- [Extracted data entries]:

---

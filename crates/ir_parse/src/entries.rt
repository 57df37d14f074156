//! Parsing the entries of a module.

ghost use Rattle.std.specs.Prelude.{◌≡◌, OnErr};
ghost use Rattle.ir_tokens.specs.SeenTokens.{seen};
ghost use Rattle.refusal.specs.Refusals.{Gives};
ghost use Rattle.ir_parse.specs.ModuleReaders as parsing;

use crate::function::function;
use ir_instructions::{Expected, Part, copied, each, left_out, unexpected};
use ir_tokens::{IrError, Placed, RawEntry, RawModule, Token};
use lists::List;
use ops::keywords::is;
use std::alloc::Global;

/// The production of an entry of a module; the list of entries goes on up to the end of the text.
enum ModuleEntry {}

impl Part for ModuleEntry {
    ghost use Rattle.ir_parse.specs.ModuleReaders.{begins_entry, entry_at};

    ghost begins = { begins_entry };

    ghost reader = { entry_at };

    type Value = RawEntry;

    fn is_next(tokens: &[Placed<'_>]) -> bool {
        match tokens {
            [Placed { token, .. }, ..] => !matches!(*token, Token::End),
            [] => true,
        }
    }

    #[tactic(auto, unfolding(crate::specs::ModuleReaders::entry_at))]
    fn read(alloc: Global, tokens: &mut &[Placed<'_>]) -> Result<RawEntry, IrError> {
        match *tokens {
            [Placed { line, token }, rest @ ..] => match *token {
                Token::Kept(text) => {
                    *tokens = rest;
                    Ok(RawEntry::Kept(copied(alloc, text)?))
                }
                Token::Word(word) => {
                    if is(word, "define") {
                        *tokens = rest;
                        Ok(RawEntry::Function(function(alloc, tokens)?))
                    } else {
                        Err(left_out(alloc, *line, word))
                    }
                }
                _ => Err(unexpected(alloc, Expected::Entry, *tokens)),
            },
            [] => Err(unexpected(alloc, Expected::Entry, *tokens)),
        }
    }
}

/// Parses an entry at the front of the tokens, which are then those behind it. The error is the fault of the first
/// token that does not fit.
pub fn entry(alloc: Global, tokens: &mut &[Placed<'_>]) -> Result<RawEntry, IrError>
    ensures read { Gives (λ x. (x, seen tokens.new.now)) result (parsing.entry_at (seen tokens.old.now)) }
    ensures unmoved { OnErr result (tokens.new.now ≡ tokens.old.now) }
{
    let mut rest = *tokens;
    let entry = ModuleEntry::read(alloc, &mut rest)?;
    *tokens = rest;
    Ok(entry)
}

/// Parses the entries of a module.
#[tactic(auto, unfolding(crate::specs::ModuleReaders::entries_at))]
fn entries(alloc: Global, tokens: &mut &[Placed<'_>]) -> Result<List<RawEntry>, IrError>
    ensures { Gives (λ x. (x, seen tokens.new.now)) result (parsing.entries_at (seen tokens.old.now)) }
{
    each::<ModuleEntry>(alloc, List::new(alloc), tokens)
}

/// Parses the tokens of a text as a module. The error is the text's first fault.
pub(crate) fn raw_module(alloc: Global, tokens: &[Placed<'_>]) -> Result<RawModule, IrError>
    ensures { Gives (λ x. x) result (parsing.module_of (seen tokens.now)) }
{
    let mut rest = tokens;
    let entries = entries(alloc, &mut rest)?;
    Ok(RawModule { entries })
}
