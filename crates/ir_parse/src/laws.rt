//! The laws of texts of modules. Each is the contract of a function with an empty body.
ghost use Rattle.ir_parse.specs.Laws.{ModulesAreReadAsSpelled, TextsHaveOneReadingOrFault};

/// The parser, which reads from left to right, gives a module exactly where the grammar spells it.
pub fn modules_are_read_as_they_are_spelled()
    ensures { ModulesAreReadAsSpelled }
{}

/// A text has one module as written, or one fault; a text within the limit never has both.
pub fn every_text_has_one_reading_or_one_fault()
    ensures { TextsHaveOneReadingOrFault }
{
    ir_tokens::every_text_has_one_list_of_tokens();
}
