//! Parsing parameters.

ghost use Rattle.ir_tokens.specs.SeenTokens.{seen};
ghost use Rattle.refusal.specs.Refusals.{Gives};
ghost use Rattle.ir_parse.specs.ModuleReaders as parsing;

use ir_instructions::{Part, each, integer_type, is_mark, last_items, mark};
use ir_tokens::{IrError, Placed, RawIdentifier, RawParameter, Token, identifier};
use lists::List;
use std::alloc::Global;

/// Parses the name of a parameter, if it has one.
#[tactic(auto, unfolding(crate::specs::ModuleReaders::parameter_name_at))]
fn parameter_name(
    alloc: Global,
    tokens: &mut &[Placed<'_>],
) -> Result<Option<RawIdentifier>, IrError>
    ensures { Gives (λ x. (x, seen tokens.new.now)) result (parsing.parameter_name_at (seen tokens.old.now)) }
{
    match *tokens {
        [Placed { line, token }, rest @ ..] => match *token {
            Token::Register(written) => {
                *tokens = rest;
                Ok(Some(RawIdentifier {
                    line: *line,
                    identifier: identifier(alloc, written)?,
                }))
            }
            _ => Ok(None),
        },
        [] => Ok(None),
    }
}

/// Parses a parameter.
#[tactic(auto, unfolding(crate::specs::ModuleReaders::parameter_at))]
fn parameter(alloc: Global, tokens: &mut &[Placed<'_>]) -> Result<RawParameter, IrError>
    ensures { Gives (λ x. (x, seen tokens.new.now)) result (parsing.parameter_at (seen tokens.old.now)) }
{
    let width = integer_type(alloc, tokens)?;
    let items = last_items(alloc, tokens)?;
    let name = parameter_name(alloc, tokens)?;
    Ok(RawParameter { width, items, name })
}

/// The production of a further parameter, behind a `,`.
enum FurtherParameter {}

impl Part for FurtherParameter {
    ghost use Rattle.ir_instructions.specs.Punctuation as marks;
    ghost use Rattle.ir_instructions.specs.InstructionReaders.{is_mark};
    ghost use Rattle.ir_parse.specs.ModuleReaders.{further_parameter_at};

    ghost begins = { is_mark marks.comma };

    ghost reader = { further_parameter_at };

    type Value = RawParameter;

    fn is_next(tokens: &[Placed<'_>]) -> bool {
        is_mark(b',', tokens)
    }

    #[tactic(auto, unfolding(crate::specs::ModuleReaders::further_parameter_at))]
    fn read(alloc: Global, tokens: &mut &[Placed<'_>]) -> Result<RawParameter, IrError> {
        mark(b',', tokens)?;
        parameter(alloc, tokens)
    }
}

/// Parses a list of at least one parameter.
#[tactic(auto, unfolding(crate::specs::ModuleReaders::some_parameters_at))]
fn some_parameters(alloc: Global, tokens: &mut &[Placed<'_>]) -> Result<List<RawParameter>, IrError>
    ensures { Gives (λ x. (x, seen tokens.new.now)) result (parsing.some_parameters_at (seen tokens.old.now)) }
{
    let mut parameters = List::new(alloc);
    parameters.push(parameter(alloc, tokens)?)?;
    each::<FurtherParameter>(alloc, parameters, tokens)
}

/// Parses a list of parameters, maybe empty, up to the `)`.
#[tactic(auto, unfolding(crate::specs::ModuleReaders::parameter_list_at))]
fn parameter_list(alloc: Global, tokens: &mut &[Placed<'_>]) -> Result<List<RawParameter>, IrError>
    ensures { Gives (λ x. (x, seen tokens.new.now)) result (parsing.parameter_list_at (seen tokens.old.now)) }
{
    if is_mark(b')', *tokens) {
        Ok(List::new(alloc))
    } else {
        some_parameters(alloc, tokens)
    }
}

/// Parses the parameters of a function, in their brackets.
#[tactic(auto, unfolding(crate::specs::ModuleReaders::parameters_at))]
pub(crate) fn parameters(
    alloc: Global,
    tokens: &mut &[Placed<'_>],
) -> Result<List<RawParameter>, IrError>
    ensures { Gives (λ x. (x, seen tokens.new.now)) result (parsing.parameters_at (seen tokens.old.now)) }
{
    mark(b'(', tokens)?;
    let parameters = parameter_list(alloc, tokens)?;
    mark(b')', tokens)?;
    Ok(parameters)
}
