//! The instructions that are kept by dead code elimination.

ghost use Rattle.std.specs.Prelude.{◌<◌, ◌^◌, ℕ, length, All, IfOk};
ghost use Rattle.ir_core.specs.Checks.{IsKnown};
ghost use Rattle.ir_core.specs.Reads.{Read, IsRead};
ghost use Rattle.needed.specs.Cleaned.{KeepsNeeded};
ghost use Rattle.needed.specs.NeededMarks.{AreCounts};
ghost use Rattle.needed.specs.InstNumbers.{AreNumbers, marks_by};

use crate::numbers::Numbers;
use crate::search::needed;
use ir_core::Function;
use std::alloc::{AllocError, Global};

/// Which instructions of a function are kept, and where they will stand.
#[derive(Drop)]
pub(crate) struct Kept {
    /// For each block, the number of its first instruction.
    pub(crate) firsts: Vec<usize>,
    /// For each instruction by its number, whether it is kept.
    pub(crate) marks: Vec<bool>,
    /// For each instruction by its number, how many kept ones have smaller numbers.
    pub(crate) counts: Vec<usize>,
    ghost counted: { AreCounts marks.items counts.items },
}

/// For each number, how many smaller ones are marked.
fn counts(alloc: Global, marks: &[bool]) -> Result<Vec<usize>, AllocError>
    ensures { IfOk result (λ counts. AreCounts marks.now counts.items) }
{
    let mut counts = Vec::new(alloc);
    let mut count = 0;
    for mark in marks {
        counts.push(count)?;
        if *mark {
            count += 1;
        }
    }
    Ok(counts)
}

impl Kept {
    /// Keeps the instructions of a function that are needed (live).
    pub(crate) fn needed(alloc: Global, f: &Function) -> Result<Kept, AllocError>
        requires blocks { length f.now.blocks < 2 ^ 32 }
        requires insts { All (λ b. length b.insts < 2 ^ 32) f.now.blocks }
        requires registers { (b k i : ℕ) (r : Read) →
            IsRead f.now b k i r → IsKnown f.now r.operand }
        ensures numbers { IfOk result (λ kept.
            AreNumbers f.now.blocks kept.firsts.items (length kept.marks.items)) }
        ensures exact { IfOk result (λ kept.
            KeepsNeeded f.now (marks_by kept.firsts.items kept.marks.items)) }
    {
        let numbers = Numbers::new(alloc, f)?;
        let marks = needed(alloc, f, &numbers)?;
        let counts = counts(alloc, marks.as_slice())?;
        let Numbers { firsts, .. } = numbers;
        Ok(Kept {
            firsts,
            marks,
            counts,
        })
    }
}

---

- [Exercise aim]: Copy out the lines above that hold the string "OnErr".

- [Problem solution]:
ghost use Rattle.std.specs.Prelude.{◌≡◌, OnErr};
    ensures unmoved { OnErr result (tokens.new.now ≡ tokens.old.now) }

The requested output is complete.